6 juin 2010 : structure et légèreté.
En fin de journée, l'oeuvre commune a mis en forme la recherche autour de "structure et légèreté", comme une synthèse utilisant la créativité de chaque participant et du groupe entier, pour se poser en une représentation symbolique, à l'aide des bambous et des foulards.
Qu'est-ce qui est structure ? Qu'est-ce qui est légèreté ?
Les foulards sont légers, mais roulés en boule, en forme de tresse ou de croissant, ne donnent-ils pas un élément de structure ?
les bambous sont rigides, mais lorsqu'ils "rayonnent" ou "ouvrent" la composition sur les côtés, ne donnent-ils pas de la légèreté à l'ensemble ?
Une symbolique humaine a été reconnue dans cette composition : l'Homme dans sa verticalité entre terre et ciel, et dans son horizontalité, libre de faire le choix de s'ouvrir.

Plusieurs personnes sont intervenues dans la composition du centre, ce qui correspond bien à la philosophie de "l'oeuvre commune", expression individuelle et de groupe. Les foulards tressés qui donnent une structure verticale, ont été en partie recouverts par des formes plus légères qui donnent du volume.

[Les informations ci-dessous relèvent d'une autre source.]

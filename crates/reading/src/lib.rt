// The Rust's AlgebraEnv: a list read on a stack of sums that starts with x, to the one sum that is left. The sums lie in an arena that the caller lends, and the sum that was
// read lies behind its working places.
#![tactic(auto)]

pub mod cost;
pub mod env;
pub mod turn;
pub mod walk;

Au coeur, se trouvent structure et légèreté, et à partir de ce coeur s'ouvre "le chemin" humain.
Pour une présentation plus complète du travail de "l'oeuvre commune", vous pouvez vous reporter à ce paragraphe : oeuvre commune

La composition regardée dans l'autre sens évoque un chemin, un chemin qui a eu besoin de se dérouler dans tout l'espace de la pièce.

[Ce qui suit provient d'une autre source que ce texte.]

// Whether one record keeps the rules: what it does not use is zero, and it may stand where it stands.
ghost use Rattle.std.specs.Prelude.{◌≡◌, true, ◌+◌, ◌*◌, ◌≤◌, ◌<◌, length};
ghost use Rattle.limits.specs.Limits.{list_records, record_bytes};
ghost use Rattle.formats.specs.Names.{kind_of};
ghost use Rattle.formats.specs.Rules.{fields_ok, is_known};
ghost use Rattle.formats.specs.Tree.{rec_at};
ghost use Rattle.formats.specs.Contract.Measure.{Simple, may_stand};

use crate::record::{Kind, Record};
use limits::RECORD_BYTES;

// The first word of a record, from its lowest byte up: the kind, the code, then what a push and a primitive don't use.
const BYTE: u64 = 256;

const TWO_BYTES: u64 = BYTE * BYTE;

const REAL_PUSH: u64 = 1;

const PRIMITIVE: u64 = 5;

fn is_known(b: u8) -> bool
    ensures { result ≡ is_known (kind_of b) }
{
    crate::record::kind_of(b).is_some()
}

// Whether the kind is one of the listed, and what it does not use is zero: field by field.
fn each_field_ok(r: Record) -> bool
    ensures { result ≡ fields_ok r }
{
    let known = is_known(r.kind);
    let real = crate::record::is_a(r.kind, Kind::RealPush);
    let complex = crate::record::is_a(r.kind, Kind::ComplexPush);
    let primitive = crate::record::is_a(r.kind, Kind::Primitive);
    let modifier = crate::record::is_a(r.kind, Kind::Modifier);
    let body = crate::record::is_a(r.kind, Kind::Body);
    let run = crate::record::is_a(r.kind, Kind::Run);
    let custom = crate::record::is_a(r.kind, Kind::CustomInverse);
    known
        & (r.blank == 0)
        & (primitive | modifier | (r.code == 0))
        & (body | (r.args == 0))
        & (modifier | body | run | custom | (r.inside == 0))
        & (real | complex | (r.re == 0))
        & (complex | (r.im == 0))
}

// The same, quickly for modifiers and bodies, which hold most of what is inside others.
pub fn fields_ok(r: Record) -> bool
    ensures { result ≡ fields_ok r }
{
    if crate::record::is_a(r.kind, Kind::Modifier) {
        return (r.blank == 0) & (r.args == 0) & (r.re == 0) & (r.im == 0);
    }
    if crate::record::is_a(r.kind, Kind::Body) {
        return (r.blank == 0) & (r.code == 0) & (r.re == 0) & (r.im == 0);
    }
    each_field_ok(r)
}

// Whether the record at place `i` is a push of a real number or a primitive, and nothing else is set, by its three words. Most records are.
pub fn is_simple(list: &[u8], i: usize) -> bool
    requires { record_bytes * i + record_bytes ≤ length list.now }
    ensures { result ≡ true → Simple (rec_at list.now i) }
{
    let at = RECORD_BYTES * i;
    let head = crate::record::eight(list, at);
    let re = crate::record::eight(list, at + 8);
    let im = crate::record::eight(list, at + 16);
    let push = head == REAL_PUSH;
    let primitive = (head % BYTE == PRIMITIVE) & (head < TWO_BYTES) & (re == 0);
    (push | primitive) & (im == 0)
}

// Whether the record at `at` may stand in a stretch that ends at `to`, of bodies or of others.
pub fn may_stand(r: Record, at: usize, to: usize, bodies: bool) -> bool
    requires { (at < to) × (to ≤ list_records) × (r.inside < 4294967296) }
    ensures { result ≡ may_stand r at to bodies }
{
    let next = at + 1 + r.inside as usize;
    let body = crate::record::is_a(r.kind, Kind::Body);
    fields_ok(r) & (body == bodies) & (next <= to)
}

Le chemin est-il structure ou légèreté ? Voici ce qu'écrit l'un des participants :
"La légèreté doit être associée à la structure. L'ensemble dans l'harmonie et l'équilibre permet l'ouverture et la lumière. Si je reste centré, cette énergie de vie circule et je ne me perds pas."
6 décembre : Je suis dans le sombre et je vais vers la lumière.
Nous partons des deux lignes qui nous constituent:
notre verticalité : des pieds à la tête le long de notre colonne vertébrale, de la terre au ciel à l'image de l'arbre qui plante ses racines dans l'obscurité de la terre et ouvre son feuillage à la lumière.
notre horizontalité : comme l'arbre ouvre ses branches, nous pouvons ouvrir nos bras, percevoir et ressentir cette capacité d'ouverture en nous.
Les deux lignes se croisent au niveau du coeur, "ce centre d'où naît le chemin." (voir l'atelier du 21 juin, au bas de cette page)
Nous laissons se vivre en nous ces deux dimensions, nous les laissons s'inscrire sur la feuille en traces de peinture noire. Nous les laissons évoluer jusqu'à ce qu'elles symbolisent notre recherche de lumière.
Cette fois, la dimension de l'oeuvre commune ne s'est pas exprimée avec la peinture mais avec les mots qui ont émergé et se sont peu à peu construits en une synthèse partagée :
13 septembre : cultiver sa terre et ouvrir l'espace intérieur.
Cette journée a été préparation à l'entrée dans l'automne :
D'une journée à l'autre, le contenu s'est construit à partir des demandes des participants, et en lien avec les saisons. (automne, hiver, printemps) L'attitude de base, l'ECOUTE, nous mène au développement de notre sensibilité, à l'approfondissement de notre enracinement, et débouche sur l'OUVERTURE.